We are proud to announce that our publication *„Solid-state electron spin lifetime limited by phononic vacuum modes“* was published in Nature Materials on February 12th 2018.

### Solid-state electron spin lifetime limited by phononic vacuum modes

We investigate on the fundamental mechanism of spin phonon coupling in the negatively charged nitrogen vacancy center (NV−) in diamond in order to calculate the spin lattice relaxation time T1 and its temperature dependence ab initio. Starting from the dipolar spin-spin interaction between two electrons, we couple the spins of the electron to the movements of the ions and end up with an eﬀective spin-phonon interaction potential Vs−ph. Taking this time dependent potential as a perturbation of the system leads to Fermi’s golden rule for transition rates which allow to calculate the spin lattice relaxation time T1. We simulate the color center with the Vienna Ab Initio Simulation Package (VASP) to extract the ﬁgures necessary to quantify T1: First, we obtain the equilibrium positions of the ions and the electronic charge density by a proper relaxation of the system. Next, we investigate on the local phonon modes of the color center within the harmonic approximation using the small displacement method. We extract the phononic density of states and bandstructure by diagonalizing the dynamical matrix using the phononpy package.
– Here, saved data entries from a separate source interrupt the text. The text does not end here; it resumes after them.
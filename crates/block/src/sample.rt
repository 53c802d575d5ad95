// One sample of a nibble.
ghost use Rattle.std.specs.Prelude.{◌≡◌, ◌+◌, ◌*◌, ◌<◌, ◌≤◌, pos, get_or};
ghost use Rattle.block.specs.Context.{predictor, scale};
ghost use Rattle.block.specs.Sample.{decode_sample};
ghost use Rattle.block.specs.inner.Nibbles.{advanced};
ghost use Rattle.whole.specs.Whole.{signed_nibble};

use crate::FrameContext;
use whole::History;

// A nibble of 8 or more counts as itself less 16.
#[tactic(auto, unfolding(whole::specs::Whole::signed_nibble))]
fn signed_nibble(nibble: u8) -> i64
    requires { nibble < 16 }
    ensures { result ≡ signed_nibble nibble }
{
    let positive = nibble < 8;
    if positive {
        i64::from(nibble)
    } else {
        i64::from(nibble) - 16
    }
}

// What makes samples of a frame's nibbles: a pair of coefficients and a scale.
#[derive(Clone, Copy)]
pub(crate) struct Filter {
    c0: i16,
    c1: i16,
    scale: u32,
    ghost in_range: { scale ≤ 32768 },
}

impl Filter {
    // The pair and the scale that a context's header names.
    pub(crate) fn new(coefficients: [i16; 16], context: FrameContext) -> Filter
        ensures newest { result.c0 ≡ get_or coefficients (2 * predictor context.predictor_and_scale) (pos 0) }
        ensures older { result.c1 ≡ get_or coefficients (2 * predictor context.predictor_and_scale + 1) (pos 0) }
        ensures steps { result.scale ≡ scale context.predictor_and_scale }
    {
        let index = 2 * context.predictor();
        Filter {
            c0: coefficients[index],
            c1: coefficients[index + 1],
            scale: context.scale(),
        }
    }

    // The sample of a nibble after a history.
    fn decode_sample(self, history: History, nibble: u8) -> i16
        requires { nibble < 16 }
        ensures { result ≡ decode_sample self.c0 self.c1 history.newest history.older nibble self.scale }
    {
        let products = i64::from(self.c0) * i64::from(history.newest)
            + i64::from(self.c1) * i64::from(history.older);
        let sum = products + 1024;
        whole::clamp_i16(whole::shift_11(sum) + signed_nibble(nibble) * i64::from(self.scale))
    }

    // The history after one nibble more: its newest is the nibble's sample.
    pub(crate) fn advance(self, history: History, nibble: u8) -> History
        requires { nibble < 16 }
        ensures { result ≡ advanced self.c0 self.c1 self.scale history nibble }
    {
        History {
            newest: self.decode_sample(history, nibble),
            older: history.newest,
        }
    }
}
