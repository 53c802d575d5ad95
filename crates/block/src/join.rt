// Joining two blocks' bytes.
ghost use Rattle.std.specs.Prelude.{◌≡◌, ◌+◌, ◌≤◌, ltb, length};
ghost use Rattle.std.proofs.lemmas.List.Edits.{sets};

// Whether an output of `room` bytes is shorter than two parts together.
pub(crate) fn shorter(room: usize, first: usize, second: usize) -> bool
    ensures { result ≡ ltb room (first + second) }
{
    let short = room < first;
    short || room - first < second
}

// The bytes of `source`, written to the output from `to` on. It is internal: crate dsp calls it.
// Stays: by place, since the library's copy_from_slice calls memmove, and C is told that the archive needs memcpy and memset alone.
pub fn copy(source: &[u8], out: &mut [u8], to: usize)
    requires { to + length source.now ≤ length out.old }
    ensures { out.new ≡ sets out.old to source.now }
{
    for (j, place) in out[to..to + source.len()].iter_mut().enumerate() {
        *place = source[j];
    }
}
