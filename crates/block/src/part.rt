// Playing a part of a block: the context at a sample, and playing on from there.
ghost use Rattle.std.specs.Prelude.{◌≡◌, [], ◌+◌, ◌*◌, ◌/◌, ◌%◌, ◌≤◌, ◌<◌, length};
ghost use Rattle.block.specs.Address.{address_to_sample};
ghost use Rattle.block.specs.Frame.{playing};
ghost use Rattle.block.specs.Play.{play};
ghost use Rattle.block.specs.inner.Frames.{play_frame};
ghost use Rattle.block.specs.inner.Parts.{play_on};

use crate::play::{NIBBLES_PER_FRAME, frames_before_last, play_into};
use crate::sample::Filter;
use crate::{FrameContext, play_frame};
use whole::{BYTES_PER_FRAME, SAMPLES_PER_FRAME};

// The context after `count` samples of the frame at byte `at`.
// Stays: image's played_frame keeps the samples too; both are one call of play_frame to a frame's room.
fn frame_context(
    bytes: &[u8],
    at: usize,
    count: usize,
    coefficients: [i16; 16],
    context: FrameContext,
) -> FrameContext
    requires { (2 * at + 2 + count ≤ 2 * length bytes.now) × (count ≤ 14) }
    ensures { result ≡ (play_frame bytes.now at count coefficients (playing context [])).context }
{
    let mut dropped = [0i16; 14];
    play_frame(bytes, at, count, coefficients, context, &mut dropped, 0)
}

// The context after the first `len` nibbles of a block's bytes.
// internal: what playing from a sample on is made of.
// Stays: play_into is the same walk; one for both would take the step as a closure, with a contract that says of any step what each says here of its own.
pub fn context_after(
    bytes: &[u8],
    len: usize,
    coefficients: [i16; 16],
    context: FrameContext,
) -> FrameContext
    requires { (0 < len) × (len ≤ 2 * length bytes.now) }
    ensures { result ≡ (play bytes.now coefficients len context).context }
{
    let whole = frames_before_last(len);
    let mut current = context;
    for k in 0..whole {
        let after = frame_context(
            bytes,
            BYTES_PER_FRAME * k,
            SAMPLES_PER_FRAME,
            coefficients,
            current,
        );
        current = after.with_header(bytes[BYTES_PER_FRAME * (k + 1)]);
    }
    let count = (len - NIBBLES_PER_FRAME * whole).saturating_sub(2);
    frame_context(bytes, BYTES_PER_FRAME * whole, count, coefficients, current)
}

// Plays from a sample's address on up to `len`, which is in the same frame or at its end.
// Stays: play_frame has this body at a frame's start; each promises another definition (play_on, play_frame), and shared they are longer.
fn play_rest(
    bytes: &[u8],
    from: usize,
    len: usize,
    coefficients: [i16; 16],
    context: FrameContext,
    out: &mut [i16],
) -> FrameContext
    requires { (2 ≤ from % 16) × (from < len) × (len ≤ 16 * (from / 16) + 16) × (len ≤ 2 * length bytes.now) × (len ≤ from + length out.old) }
    ensures { playing result out.new ≡ play_on bytes.now coefficients from len context out.old }
{
    let filter = Filter::new(coefficients, context);
    FrameContext {
        last_samples: filter.play_from_nibble(
            bytes,
            from,
            context.last_samples,
            &mut out[..len - from],
        ),
        ..context
    }
}

// Plays from a sample's address on up to `len`, under the context's header, to the output from its start on.
// internal: what playing from a sample on is made of.
pub fn play_on(
    bytes: &[u8],
    from: usize,
    len: usize,
    coefficients: [i16; 16],
    context: FrameContext,
    out: &mut [i16],
) -> FrameContext
    requires { (2 ≤ from % 16) × (from < len) × (len ≤ 2 * length bytes.now) × (address_to_sample len ≤ address_to_sample from + length out.old) }
    ensures { playing result out.new ≡ play_on bytes.now coefficients from len context out.old }
{
    let rest = 16 - from % 16;
    if len - from <= rest {
        return play_rest(bytes, from, len, coefficients, context, out);
    }
    let end = from + rest;
    let after = play_rest(bytes, from, end, coefficients, context, out);
    let next = after.with_header(bytes[end / 2]);
    play_into(
        &bytes[end / 2..],
        len - end,
        coefficients,
        next,
        &mut out[rest..],
    )
}
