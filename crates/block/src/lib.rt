// Blocks of DSP ADPCM: addresses, contexts, playing bytes, joining.
#![tactic(auto)]

pub mod coefficients;
mod frame;
pub mod join;
pub mod part;
pub mod play;
mod sample;

ghost use Rattle.std.specs.Prelude.{◌≡◌, ◌+◌, ◌*◌, ◌≤◌, length, []};
ghost use Rattle.block.specs.Address.{address_to_sample, sample_to_address};
ghost use Rattle.block.specs.Context.{predictor, scale, push_sample, with_header, new_context};
ghost use Rattle.block.specs.Frame.{playing, into};
ghost use Rattle.block.specs.inner.Frames.{play_frame};
ghost use Rattle.block.specs.Refusals.{code};
ghost use Rattle.block.specs.Play.{play_bytes, play_outcome, final_context};
ghost use Rattle.block.specs.Join.{extend_samples, join_outcome};
ghost use Rattle.whole.specs.Outcome.{effect};

use crate::sample::Filter;
use whole::{History, Reason, SAMPLES_PER_FRAME};

// What playing carries from frame to frame: the header, and the newest sample and the one before it.
#[repr(C)]
#[derive(Clone, Copy, Default, PartialEq, Eq)]
pub struct FrameContext {
    pub predictor_and_scale: u16,
    pub last_samples: History,
}

// Why a call is refused.
#[derive(Clone, Copy, Debug, PartialEq, Eq)]
pub enum Refusal {
    LengthOutOfRange,
    LowestPair,
    OutputTooShort,
    CoefficientsDiffer,
}

// What playing gives: the sample count and the final context.
#[derive(Clone, Copy, PartialEq, Eq)]
pub struct Playback {
    pub samples: u64,
    pub context: FrameContext,
}

impl Reason for Refusal {
    ghost number = { code };

    ghost named = { λ r. 0 };

    // Document 01's number of a refusal.
    fn code(self) -> u32 {
        match self {
            Refusal::LengthOutOfRange => 12,
            Refusal::LowestPair => 13,
            Refusal::OutputTooShort => 14,
            Refusal::CoefficientsDiffer => 18,
        }
    }

    // A block's bytes alone are lent, so none is named.
    fn bad_block(self) -> u32 {
        0
    }
}

impl FrameContext {
    // All zeros.
    pub fn new() -> FrameContext
        ensures { result ≡ new_context }
    {
        FrameContext::default()
    }

    // The index of the coefficients' pair.
    #[tactic(auto, unfolding(crate::specs::Context::predictor))]
    pub fn predictor(self) -> usize
        ensures { result ≡ predictor self.predictor_and_scale }
    {
        usize::from(self.predictor_and_scale / 16 % 8)
    }

    // What a nibble is multiplied by.
    #[tactic(auto, using(crate::proofs::LawsContext::scale_word))]
    pub fn scale(self) -> u32
        ensures { result ≡ scale self.predictor_and_scale }
    {
        1u32 << (self.predictor_and_scale % 16)
    }

    // The context under another header.
    #[tactic(auto, unfolding(crate::specs::Context::with_header))]
    pub fn with_header(self, header: u8) -> FrameContext
        ensures { result ≡ with_header self header }
    {
        FrameContext {
            predictor_and_scale: u16::from(header),
            ..self
        }
    }

    // The context with one sample more in its history.
    #[tactic(auto, unfolding(crate::specs::Context::push_sample))]
    pub fn push_sample(self, sample: i16) -> FrameContext
        ensures { result ≡ push_sample self sample }
    {
        FrameContext {
            last_samples: History {
                newest: sample,
                older: self.last_samples.newest,
            },
            ..self
        }
    }
}

// The samples before an address.
#[tactic(auto, unfolding(crate::specs::Address::address_to_sample))]
pub fn address_to_sample(address: u32) -> u64
    ensures { result ≡ address_to_sample address }
{
    let beyond_header = (address % 16).saturating_sub(2);
    SAMPLES_PER_FRAME as u64 * u64::from(address / 16) + u64::from(beyond_header)
}

// The address of a sample.
#[tactic(auto, unfolding(crate::specs::Address::sample_to_address))]
pub fn sample_to_address(sample: u32) -> u64
    ensures { result ≡ sample_to_address sample }
{
    let sample = u64::from(sample);
    let headers = sample / SAMPLES_PER_FRAME as u64 + 1;
    sample + 2 * headers
}

// The step: `count` samples of the frame at byte `at`, under the context's header, written to the output from `to` on.
// internal: what playing a block, playing from its middle, comparing and voices are made of.
// Stays: four arguments and no struct, here, in play.rt and in part.rt, since docs/DECISIONS.md names play_frame, context_after and play_on, and C calls play_bytes.
pub fn play_frame(
    bytes: &[u8],
    at: usize,
    count: usize,
    coefficients: [i16; 16],
    context: FrameContext,
    out: &mut [i16],
    to: usize,
) -> FrameContext
    requires { (2 * at + 2 + count ≤ 2 * length bytes.now) × (to + count ≤ length out.old) }
    ensures { playing result out.new ≡ into out.old to (play_frame bytes.now at count coefficients (playing context [])) }
{
    let filter = Filter::new(coefficients, context);
    FrameContext {
        last_samples: filter.play_from_nibble(
            bytes,
            2 * at + 2,
            context.last_samples,
            &mut out[to..to + count],
        ),
        ..context
    }
}

// Plays the first `len` nibbles of a block's bytes to the output.
pub fn play_bytes(
    bytes: &[u8],
    len: u32,
    coefficients: [i16; 16],
    context: FrameContext,
    out: &mut [i16],
) -> Result<Playback, Refusal>
    ensures { effect (play_outcome result) (playing (final_context result context) out.new) ≡ play_bytes bytes.now len coefficients context out.old }
{
    if play::bad_length(len, bytes.len()) {
        return Err(Refusal::LengthOutOfRange);
    }
    if coefficients::lowest_pair(coefficients) {
        return Err(Refusal::LowestPair);
    }
    let count = address_to_sample(len);
    let short = (out.len() as u64) < count;
    if short {
        return Err(Refusal::OutputTooShort);
    }
    let after = play::play_into(bytes, len as usize, coefficients, context, out);
    Ok(Playback {
        samples: count,
        context: after,
    })
}

// Joins two blocks, the first one's bytes and then the second's to the output, and answers the sum of their lengths in nibbles.
pub fn extend_samples(
    first: &[u8],
    first_len: u32,
    first_coefficients: [i16; 16],
    second: &[u8],
    second_len: u32,
    second_coefficients: [i16; 16],
    out: &mut [u8],
) -> Result<u64, Refusal>
    ensures { effect (join_outcome result) out.new ≡ extend_samples first.now first_len first_coefficients second.now second_len second_coefficients out.old }
{
    if join::shorter(out.len(), first.len(), second.len()) {
        return Err(Refusal::OutputTooShort);
    }
    if !coefficients::equal_coefficients(first_coefficients, second_coefficients) {
        return Err(Refusal::CoefficientsDiffer);
    }
    join::copy(first, out, 0);
    join::copy(second, out, first.len());
    Ok(u64::from(first_len) + u64::from(second_len))
}
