// What the tests of playing and joining ask of coefficients.
ghost use Rattle.std.specs.Prelude.{◌≡◌};
ghost use Rattle.block.specs.Refusals.{lowest_pair, equal_coefficients};

// Whether one of the eight pairs has both -32,768. It is internal: crates image and dsp call it.
pub fn lowest_pair(coefficients: [i16; 16]) -> bool
    ensures { result ≡ lowest_pair coefficients }
{
    for pair in coefficients.chunks_exact(2) {
        if pair[0] == i16::MIN && pair[1] == i16::MIN {
            return true;
        }
    }
    false
}

// Whether the sixteen coefficients of two blocks are equal. It is internal.
// Stays: a name for ==, whose contract says that it is the documents' equality of coefficients (equal_coefficients).
pub fn equal_coefficients(first: [i16; 16], second: [i16; 16]) -> bool
    ensures { result ≡ equal_coefficients first second }
{
    first == second
}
Then, we model the electronic wavefunctions by calculating maximally localized Wannier functions with Wannier90 and building the orbitals according to the C3v symmetry of the defect. Finally, we plug the simulated ﬁgures into our model and end up with a calculated relaxation time T1 that is very close to the experimental observations.

Original publication: T. Astner, J. Gugler, A. Angerer, S. Wald, S. Putz, N. J. Mauser, M. Trupke, H. Sumiya, S. Onoda, J. Isoya, J. Schmiedmayer, P. Mohn, and J. Majer.